◆ **ASSIGNED TASK**
Word for word, copy the records that follow.

◆ **DATA LISTING**
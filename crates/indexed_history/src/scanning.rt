// What a scan lists: the keys of a table whose row is there from the start, whose presence has a committed writer, or that the
// pending transaction wrote.
ghost use Rattle.std.specs.Prelude.{◌≡◌, ◌↔◌, ◌<◌, ℕ, true, IsTrue, IfOk, OnOk, Contains};
ghost use Rattle.cell_base.specs.declared.key.Key.{Key as KeyValue};
ghost use Rattle.history_core.specs.Initial.{IsInitialState};
ghost use Rattle.history_core.specs.Legal.{ListsKeys};
ghost use Rattle.history_core.specs.Legal.{IsKeyList};
ghost use Rattle.indexed_history.specs.Parts.{AreIndexed};
ghost use Rattle.indexed_history.specs.Keys.{IsListed, AreListed, ListsNext};

use crate::index::numbers_of;
use crate::keys::{Keys, keys_of};
use crate::parts::Parts;
use crate::records::{any_committed, wrote_itself};
use cell_base::{Cell, Items, Key, Memory, Value};
use history_core::InitialState;
use std::alloc::Global;

/// Whether the value says that a row is there.
fn is_true(value: &Value) -> bool
    ensures { IsTrue result ↔ (value.now ≡ Value.Flag true) }
{
    matches!(value, Value::Flag(true))
}

/// Whether the cell is true in the initial state.
fn is_there(initial: &InitialState, cell: &Cell) -> bool
    requires { IsInitialState initial.now }
    ensures { IsTrue result ↔ Contains initial.now (cell.now, Value.Flag true) }
{
    match initial.value(cell) {
        Some(value) => is_true(value),
        None => false,
    }
}

/// Whether a scan lists the key of the presence cell.
fn is_listed(parts: &Parts, session: u32, cell: &Cell) -> bool
    requires indexed { AreIndexed parts.now }
    requires initial { IsInitialState parts.now.history.initial }
    ensures { IsTrue result ↔ IsListed parts.now.history.initial parts.now.history.events session cell.now }
{
    if any_committed(&parts.history, numbers_of(&parts.index, cell)) {
        return true;
    }
    if is_there(parts.history.initial(), cell) {
        return true;
    }
    wrote_itself(&parts.history, session, cell)
}

/// The key of the cell.
fn key_of(cell: Cell) -> Key
    ensures { (table : ℕ) (key : KeyValue) → cell ≡ Cell.Presence table key → result ≡ key }
{
    match cell {
        Cell::Presence(_, key) => key,
        Cell::Field(_, key, _) => key,
    }
}

/// Puts a key after the others, where a scan lists it.
fn add_listed(
    alloc: Global,
    parts: &Parts,
    session: u32,
    table: u32,
    key: &Key,
    listed: &mut Items<Key>,
) -> Result<(), Memory>
    requires indexed { AreIndexed parts.now }
    requires initial { IsInitialState parts.now.history.initial }
    ensures { OnOk result (ListsNext parts.now.history.initial parts.now.history.events session table key.now listed.old listed.new) }
{
    let cell = Cell::Presence(table, key.copy(alloc)?);
    if is_listed(parts, session, &cell) {
        listed.push(key_of(cell))?;
    }
    Ok(())
}

/// Those of the keys that a scan lists.
fn listed_among(
    alloc: Global,
    parts: &Parts,
    session: u32,
    table: u32,
    keys: &Keys,
) -> Result<Items<Key>, Memory>
    requires indexed { AreIndexed parts.now }
    requires initial { IsInitialState parts.now.history.initial }
    ensures { IfOk result (λ listed. AreListed parts.now.history.initial parts.now.history.events session table keys.now listed) }
{
    let mut listed = Items::new(alloc);
    for key in keys.iter() {
        add_listed(alloc, parts, session, table, key, &mut listed)?;
    }
    Ok(listed)
}

/// The keys that a scan of the table lists. It looks at each key of the table once, and at no event. As many as 2 ^ 32 keys are
/// refused as out of memory, which the load never lets come.
pub fn listed_keys(
    alloc: Global,
    parts: &Parts,
    session: u32,
    table: u32,
) -> Result<Items<Key>, Memory>
    requires indexed { AreIndexed parts.now }
    requires initial { IsInitialState parts.now.history.initial }
    ensures lists { IfOk result (λ keys. ListsKeys parts.now.history.initial parts.now.history.events session table keys) }
    ensures listed { IfOk result IsKeyList }
{
    let Some(keys) = keys_of(&parts.keys, table) else {
        return Ok(Items::new(alloc));
    };
    let listed = listed_among(alloc, parts, session, table, keys)?;
    if listed.len() >= 4_294_967_296 {
        return Err(Memory);
    }
    Ok(listed)
}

◆ **ANSWER TO THE EXERCISE**
filename crates/indexed_history/src/scanning.rt
// What a scan lists: the keys of a table whose row is there from the start, whose presence has a committed writer, or that the
// pending transaction wrote.
ghost use Rattle.std.specs.Prelude.{◌≡◌, ◌↔◌, ◌<◌, ℕ, true, IsTrue, IfOk, OnOk, Contains};
ghost use Rattle.cell_base.specs.declared.key.Key.{Key as KeyValue};
ghost use Rattle.history_core.specs.Initial.{IsInitialState};
ghost use Rattle.history_core.specs.Legal.{ListsKeys};
ghost use Rattle.history_core.specs.Legal.{IsKeyList};
ghost use Rattle.indexed_history.specs.Parts.{AreIndexed};
ghost use Rattle.indexed_history.specs.Keys.{IsListed, AreListed, ListsNext};

use crate::index::numbers_of;
use crate::keys::{Keys, keys_of};
use crate::parts::Parts;
use crate::records::{any_committed, wrote_itself};
use cell_base::{Cell, Items, Key, Memory, Value};
use history_core::InitialState;
use std::alloc::Global;

/// Whether the value says that a row is there.
fn is_true(value: &Value) -> bool
    ensures { IsTrue result ↔ (value.now ≡ Value.Flag true) }
{
    matches!(value, Value::Flag(true))
}

/// Whether the cell is true in the initial state.
fn is_there(initial: &InitialState, cell: &Cell) -> bool
    requires { IsInitialState initial.now }
    ensures { IsTrue result ↔ Contains initial.now (cell.now, Value.Flag true) }
{
    match initial.value(cell) {
        Some(value) => is_true(value),
        None => false,
    }
}

/// Whether a scan lists the key of the presence cell.
fn is_listed(parts: &Parts, session: u32, cell: &Cell) -> bool
    requires indexed { AreIndexed parts.now }
    requires initial { IsInitialState parts.now.history.initial }
    ensures { IsTrue result ↔ IsListed parts.now.history.initial parts.now.history.events session cell.now }
{
    if any_committed(&parts.history, numbers_of(&parts.index, cell)) {
        return true;
    }
    if is_there(parts.history.initial(), cell) {
        return true;
    }
    wrote_itself(&parts.history, session, cell)
}

/// The key of the cell.
fn key_of(cell: Cell) -> Key
    ensures { (table : ℕ) (key : KeyValue) → cell ≡ Cell.Presence table key → result ≡ key }
{
    match cell {
        Cell::Presence(_, key) => key,
        Cell::Field(_, key, _) => key,
    }
}

/// Puts a key after the others, where a scan lists it.
fn add_listed(
    alloc: Global,
    parts: &Parts,
    session: u32,
    table: u32,
    key: &Key,
    listed: &mut Items<Key>,
) -> Result<(), Memory>
    requires indexed { AreIndexed parts.now }
    requires initial { IsInitialState parts.now.history.initial }
    ensures { OnOk result (ListsNext parts.now.history.initial parts.now.history.events session table key.now listed.old listed.new) }
{
    let cell = Cell::Presence(table, key.copy(alloc)?);
    if is_listed(parts, session, &cell) {
        listed.push(key_of(cell))?;
    }
    Ok(())
}

/// Those of the keys that a scan lists.
fn listed_among(
    alloc: Global,
    parts: &Parts,
    session: u32,
    table: u32,
    keys: &Keys,
) -> Result<Items<Key>, Memory>
    requires indexed { AreIndexed parts.now }
    requires initial { IsInitialState parts.now.history.initial }
    ensures { IfOk result (λ listed. AreListed parts.now.history.initial parts.now.history.events session table keys.now listed) }
{
    let mut listed = Items::new(alloc);
    for key in keys.iter() {
        add_listed(alloc, parts, session, table, key, &mut listed)?;
    }
    Ok(listed)
}

/// The keys that a scan of the table lists. It looks at each key of the table once, and at no event. As many as 2 ^ 32 keys are
/// refused as out of memory, which the load never lets come.
pub fn listed_keys(
    alloc: Global,
    parts: &Parts,
    session: u32,
    table: u32,
) -> Result<Items<Key>, Memory>
    requires indexed { AreIndexed parts.now }
    requires initial { IsInitialState parts.now.history.initial }
    ensures lists { IfOk result (λ keys. ListsKeys parts.now.history.initial parts.now.history.events session table keys) }
    ensures listed { IfOk result IsKeyList }
{
    let Some(keys) = keys_of(&parts.keys, table) else {
        return Ok(Items::new(alloc));
    };
    let listed = listed_among(alloc, parts, session, table, keys)?;
    if listed.len() >= 4_294_967_296 {
        return Err(Memory);
    }
    Ok(listed)
}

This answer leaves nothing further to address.